2 Techs came out today. Tried 3 different SA cablecards in slot. Tivo kept rebooting and reporting error. Tivo will have to be RMA'd.


----------



## generaltso (Nov 4, 2003)

Fchamber, if you have any more problems with your cable cards, don't call the regular customer support number.....it's useless. There's actually a group of techs in South Burlington that man a technical troubleshooting line (not that Adelphia will actually tell you that). The number is (866) 662-1049. That's who I've been working with on the "no audio on four channels" issue.


----------



## fchamber (Oct 26, 2006)

Thanks for the phone #, generaltso--everything's working (mostly) at the moment, but I'm writing that one down. The people I've talked to at Adelcast so far have all been pretty clueless about cablecards.

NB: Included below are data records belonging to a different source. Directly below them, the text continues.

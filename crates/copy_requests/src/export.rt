//! Export: the image of a partition.

ghost use Rattle.std.specs.Prelude.{◌≡◌, ◌++◌, OnOk, OnErr};
ghost use Rattle.request_frames.specs.Export.{export_view};
ghost use Rattle.answering.specs.Codes.{no_error};
ghost use Rattle.answering.specs.Doing.{DoesWork};
ghost use Rattle.answering.specs.Once.{WritesOnce};
ghost use Rattle.copy_requests.specs.Export.{export_work, export_sent};

use answering::{ErrorCode, respond_once};
use broker_state::BrokerState;
use copy_images::{has_image_within, write_image};
use request_frames::ExportRequest;
use responses::export::{export_head, export_parts};
use segment::BatchStore;
use std::alloc::{AllocError, Allocator};

/// The most bytes of an image or of a delta that is sent.
pub const MAX_EXPORT_BYTES: u32 = 8_300_000;

/// The image of a partition.
fn image_of_partition<S: BatchStore, A: Allocator + Copy>(
    state: &BrokerState<S>,
    topic: &[u8],
    partition: i32,
    alloc: A,
) -> Result<Vec<u8, A>, ErrorCode>
    ensures { DoesWork (export_work state.now
        (record { topic = topic.now; partition = partition }))
        (λ image. record { code = no_error; sent = image.items }) result state.now state.now }
{
    let Some(copy) = state.log(topic, partition) else {
        return Err(ErrorCode::UnknownTopicOrPartition);
    };
    if !has_image_within(copy, MAX_EXPORT_BYTES) {
        return Err(ErrorCode::MessageTooLarge);
    }
    match write_image(alloc, copy) {
        Ok(image) => Ok(image),
        Err(_) => Err(ErrorCode::StorageError),
    }
}

/// Appends the response of a code and the bytes of an image or of a delta.
pub(crate) fn put_answer<A: Allocator + Copy>(
    correlation: i32,
    code: i16,
    sent: &[u8],
    out: &mut Vec<u8, A>,
) -> Result<(), AllocError>
    ensures appends { OnOk result (out.new.items ≡ out.old.items ++ export_sent correlation
        (record { code = code; sent = sent.now })) }
    ensures unchanged_on_error { OnErr result (out.new.items ≡ out.old.items) }
{
    // A law for the proof: the parts are the whole.
    export_parts();
    let head = export_head(code, sent.len());
    respond_once(correlation, &[], &head, sent, out)
}

/// Appends the response to an Export request. It changes nothing else.
///
/// Where there is no memory for the image, the answer is the error code of a storage error.
///
/// # Errors
///
/// `AllocError` where there is no memory for the response; the output is then as before.
pub fn reply_to_export<S: BatchStore, A: Allocator + Copy>(
    state: &BrokerState<S>,
    correlation: i32,
    request: &ExportRequest<'_>,
    out: &mut Vec<u8, A>,
) -> Result<(), AllocError>
    ensures responds { OnOk result (WritesOnce (export_sent correlation)
        (export_work state.now (export_view request.now)) state.now
        out.old.items out.new.items state.now) }
    ensures unchanged_on_error { OnErr result (out.new.items ≡ out.old.items) }
{
    let alloc = *out.allocator();
    match image_of_partition(state, request.topic, request.partition, alloc) {
        Ok(image) => put_answer(correlation, 0, &image, out),
        Err(fault) => put_answer(correlation, fault.number(), &[], out),
    }
}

On another topic, I'm finding that everything I try to record on INHD and INHD2 has the copy never flag set (i.e. it auto-deletes 90 minutes after the show starts). Is anyone else seeing this? If so, has anyone tried taking it up with Adelphia (or INHD, not sure who to complain to)? I haven't looked into this far enough, but I get the impression from other threads that this might be illegal, and it is certainly annoying.

Thanks,

FC


----------



## generaltso (Nov 4, 2003)

I've just confirmed that I have the same problem with anything recorded on INHD or INHD2. That pretty much makes those channels useless. I guess we should start by complaining to Adelphia. I'm sure they'll say it's a problem with the TiVo.


----------



## fchamber (Oct 26, 2006)

Agreed and agreed--this flag makes INHD* useless, and Adelphia will probably try to blame Tivo. From what reading I've done, though, Tivo is just doing what they are legally required to do for cable card compliance, so the problem is most likely with adelphia or INHD.

-FC


----------



## generaltso (Nov 4, 2003)

Yup, the DRM flag on those channels is the real problem. The question is does this flag come from Adelphia or INHD. I guess we should see if anyone on a different cable system is having the same problem.

By the way FC, did you get a chance to check audio on those four channels (111, 120, 123, 163)?


----------



## fchamber (Oct 26, 2006)

Yeah, sorry, I just checked and I don't get any of those channels (I'm subscribed to just broadcast cable + HD, which gives me more channels than you'd expect, but none of those).

-FC


----------



## generaltso (Nov 4, 2003)

And you get all the HD channels? I thought that you had to subscribe to digital cable to get the HD channels (besides the local CBS & PBS).


----------



## fchamber (Oct 26, 2006)

Yup. I had one CSR tell me I needed the digital plan to get HD, but I called again and got a different (better) answer  I was relieved that they didn't bring that up again when I got the CC's installed. So far so good, anyway--guess I should wait for my next bill from them.

-FC


----------



## tazzmission (Oct 15, 2002)

I live in PA and have Adelphia. They are now Comcast. I see I am not getting some channels today 121 (The Golf Channel) and some other channels are wrong in the guide. I know Adelphia is transitioning to Comcast. Will my channel lineup change? Is this the start of that change? I called Adelphia's 800 number but they have no idea.


----------



## ashu (Nov 8, 2002)

Botched (and overpriced, 9.50 for 2 cards instead of the 3.50 I heard!) CableCard install by (someone who seemed to be a VERY competent Independent contractor) Adelphia this AM.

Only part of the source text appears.